It squats in a corner, gathering dust.
And not that golden fairy-tale stuff, either.
Grimy, gritty dust,
The kind that shrouds, settles, and stains.
It’s a blanket now.


Eternity

 

       “Where are you going?” asked Max, one chilly December afternoon.
       Ivy looked up from her suitcase. “Home. It is winter break now, you know.”
       “No, it’s not,” Max insisted.
       “Well,” Ivy conceded as she rolled her eyes, “almost. I’m leaving a little bit early. My parents want to see me. And they want to go on a trip.”
       “Where?”
       “Skiing in France. I’ve always wanted to go, and they finally said yes.” Ivy picked up a pink skirt and folded it. She felt a little guilty about leaving Max, even though it was only two days early. “Didn’t I tell you?”

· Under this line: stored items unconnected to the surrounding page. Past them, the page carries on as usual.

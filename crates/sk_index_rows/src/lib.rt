//! Rows that were worked out by hand, over functions of an index that the machine runs at places one behind another.
//!
//! - `indexed`: two functions of an index and an int, as compiled code.
//! - `places`: a function, run at so many places.
//! - `rows`: lengths, with the values or the trap that is wanted.
#![tactic(auto)]

#[cfg(test)]
mod indexed;
#[cfg(test)]
mod places;
#[cfg(test)]
mod rows;
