//! A compiled program of two functions of an index and an int.
ghost use Rattle.std.specs.Prelude.{◌≡◌, ◌<◌, IfOk, [], ◌∷◌};
ghost use Rattle.sk_index_rows.specs.IndexedObject.{IsIndexed, adding, index_and_int, indexed_object, parting, taking};

use sk_base::{Op, Ty};
use sk_isa::{Code, Instr, Object, Signature};
use sk_names::Name;
use sk_tree::ParamKind;
use sqlite_items::Items;
use std::alloc::{AllocError, Global};

/// A function of the program.
#[derive(Clone, Copy, PartialEq, Eq, Debug)]
pub enum Indexed {
    /// `i * 2 + a`
    Adding,
    /// `100 / (i - 5)`
    Parting,
}

impl Indexed {
    /// Its number in the program.
    pub fn number(self) -> u32
        ensures { result < 2 }
    {
        match self {
            Indexed::Adding => 0,
            Indexed::Parting => 1,
        }
    }
}

/// The program.
pub fn sound_object(alloc: Global) -> Result<Object, AllocError>
    ensures { IfOk result IsIndexed }
{
    let object = object(alloc)?;
    Ok(object)
}

fn object(alloc: Global) -> Result<Object, AllocError>
    ensures { IfOk result (λ object. object ≡ indexed_object) }
{
    let adding = adding(alloc)?;
    let parting = parting(alloc)?;
    let first = taking_index(alloc)?;
    let second = taking_index(alloc)?;
    let own = Signature {
        ret: Ty::Int,
        params: Items::new(alloc),
        slots: Items::new(alloc),
    };
    let main = Code {
        instrs: Items::new(alloc),
        slots: 0,
        depth: 0,
    };
    let names = [
        Name::from_slice(alloc, b"a")?,
        Name::from_slice(alloc, b"p")?,
    ];
    Ok(Object {
        functions: Items::from_vec(vec![in alloc; adding, parting]?),
        signatures: Items::from_vec(vec![in alloc; first, second, own]?),
        safe: Items::from_vec(vec![in alloc; false, false]?),
        operators: Items::from_vec(vec![in alloc; None, None]?),
        instances: Items::new(alloc),
        main,
        inputs: Items::new(alloc),
        containers: Items::new(alloc),
        names: Items::from_vec(Vec::from_array(alloc, names)?),
    })
}

/// What takes an index of one dimension and an int.
fn taking_index(alloc: Global) -> Result<Signature, AllocError>
    ensures { IfOk result (λ signature. signature ≡ taking index_and_int) }
{
    Ok(Signature {
        ret: Ty::Int,
        params: index_and_int(alloc)?,
        slots: index_and_int(alloc)?,
    })
}

fn index_and_int(alloc: Global) -> Result<Items<ParamKind>, AllocError>
    ensures { IfOk result (λ kinds. kinds ≡ index_and_int) }
{
    let kinds = vec![in alloc; ParamKind::Index(1), ParamKind::Scalar(Ty::Int)]?;
    Ok(Items::from_vec(kinds))
}

fn adding(alloc: Global) -> Result<Code, AllocError>
    ensures { IfOk result (λ code. code ≡ adding) }
{
    let name = Name::from_slice(alloc, b"i")?;
    let instrs = vec![in alloc;
        Instr::Field(0, name),
        Instr::Push(2),
        Instr::Binary(Op::Mul, Ty::Int),
        Instr::Load(1),
        Instr::Binary(Op::Add, Ty::Int),
        Instr::Ret,
    ]?;
    Ok(Code {
        instrs: Items::from_vec(instrs),
        slots: 2,
        depth: 2,
    })
}

fn parting(alloc: Global) -> Result<Code, AllocError>
    ensures { IfOk result (λ code. code ≡ parting) }
{
    let name = Name::from_slice(alloc, b"i")?;
    let instrs = vec![in alloc;
        Instr::Push(100),
        Instr::Field(0, name),
        Instr::Push(5),
        Instr::Binary(Op::Sub, Ty::Int),
        Instr::Binary(Op::Div, Ty::Int),
        Instr::Ret,
    ]?;
    Ok(Code {
        instrs: Items::from_vec(instrs),
        slots: 2,
        depth: 3,
    })
}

       “No.” Max sounded just the tiniest bit sulky.
       “Sorry, I thought I did. Anyway, don’t be mad. I’ll let you open your Christmas present early,” Ivy coaxed.

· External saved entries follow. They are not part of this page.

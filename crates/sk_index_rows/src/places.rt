//! Functions of an index and an int, run at places one behind another.
ghost use Rattle.std.specs.Prelude.{◌≡◌, ◌<◌, [], ◌∷◌, length, pos, vec_len, All, Some, IfOk};
ghost use Rattle.sk_base.specs.Arithmetic.{InRange};
ghost use Rattle.sk_base.specs.Shape.{shape_of};
ghost use Rattle.sk_base.specs.declared.number.Ty.TheVariants.{Int};
ghost use Rattle.sk_index_rows.specs.IndexedObject.{IsIndexed, IsReady};

use crate::indexed::{Indexed, sound_object};
use sk_base::{Cell, Shape};
use sk_isa::Object;
use sk_kernel::{At, RunTrap, VectorCall};
use sk_vm::Frame;
use std::alloc::{AllocError, Global};
use std::process::Abort;

/// Runs a function at so many places one behind another, at all of them on one number. It is wanted how the run ends, and the
/// values at some of the places.
pub fn expect_at_places(
    rt: &impl Abort,
    alloc: Global,
    called: Indexed,
    count: u32,
    number: i32,
    wanted: Result<(), RunTrap>,
    values: &[(u32, Cell)],
) -> Result<(), AllocError> {
    let function = called.number();
    let object = sound_object(alloc)?;
    let mut frame = frame(alloc, &object, function)?;
    let cells = cells(alloc, count, number)?;
    let mut out = vec![in alloc; 0; count as usize]?;
    let Some(shape) = Shape::new(alloc, &[Cell::from(count)]) else {
        assert!(rt; false, "{count} places");
        return Ok(());
    };
    let found = run_each(&object, &mut frame, function, &shape, &cells, &mut out);
    assert_eq!(rt; found, wanted, "{called:?} at {count} places");
    for (place, value) in values {
        assert_eq!(rt;
            out.get(*place as usize).copied(),
            Some(*value),
            "{called:?} at {place} of {count} places"
        );
    }
    Ok(())
}

/// So many cells with one number.
fn cells(alloc: Global, count: u32, number: i32) -> Result<Vec<Cell>, AllocError>
    ensures ints { IfOk result (λ cells. All (InRange Int) cells.items) }
    ensures count { IfOk result (λ cells. vec_len cells ≡ count) }
{
    let mut cells = Vec::new(alloc);
    for _ in 0..count {
        cells.push(Cell::from(number))?;
    }
    Ok(cells)
}

/// A frame for a function, which reads the int by elements.
fn frame(alloc: Global, object: &Object, function: u32) -> Result<Frame, AllocError>
    requires indexed { IsIndexed object.now }
    requires there { function < 2 }
    ensures { IfOk result (IsReady object.now function) }
{
    let mut frame = Frame::new(alloc, object, function)?;
    frame.elements(1, false);
    Ok(frame)
}

/// The function's values for a vector, or the least of its places that traps.
fn run_each(
    object: &Object,
    frame: &mut Frame,
    function: u32,
    shape: &Shape,
    cells: &[Cell],
    out: &mut [Cell],
) -> Result<(), RunTrap>
    requires indexed { IsIndexed object.now }
    requires ready { IsReady object.now function frame.old }
    requires there { function < 2 }
    requires shape { shape_of (pos (length cells.now) ∷ []) ≡ Some shape.now }
    requires range { All (InRange Int) cells.now }
    requires count { length out.old ≡ length cells.now }
{
    let source = VectorCall {
        cells,
        shape,
        uniforms: &[],
    };
    frame.run_each(object, &source, At { place: 0, pair: 0 }, out)
}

       Max unfroze enough to smile. “Okay. You better have gotten me something good, though.”
       Ivy laughed. “Oh, don’t you worry, it’s good.” She pulled out a big red package studded with snowflakes and penguins.
       “You sure know how to pick wrapping paper,” Max teased.
       “Shut up! I like penguins,” Ivy informed her.
       “I’ll bet,” laughed Max, taking the gift and tugging at the ribbon.
       “Wait! Read the card first,” Ivy ordered.
       “Yes, mother dear,” Max cooed. “And shall I keep the ribbon intact? And save the wrapping paper as well?”
       Ivy shoved her. “Just read the damn card!”
       “Okay, okay, okay, keep your pants on,” said Max, shoving Ivy back. “Hm . . . ‘To: Max. Merry Christmas!’ Very original, Ive.”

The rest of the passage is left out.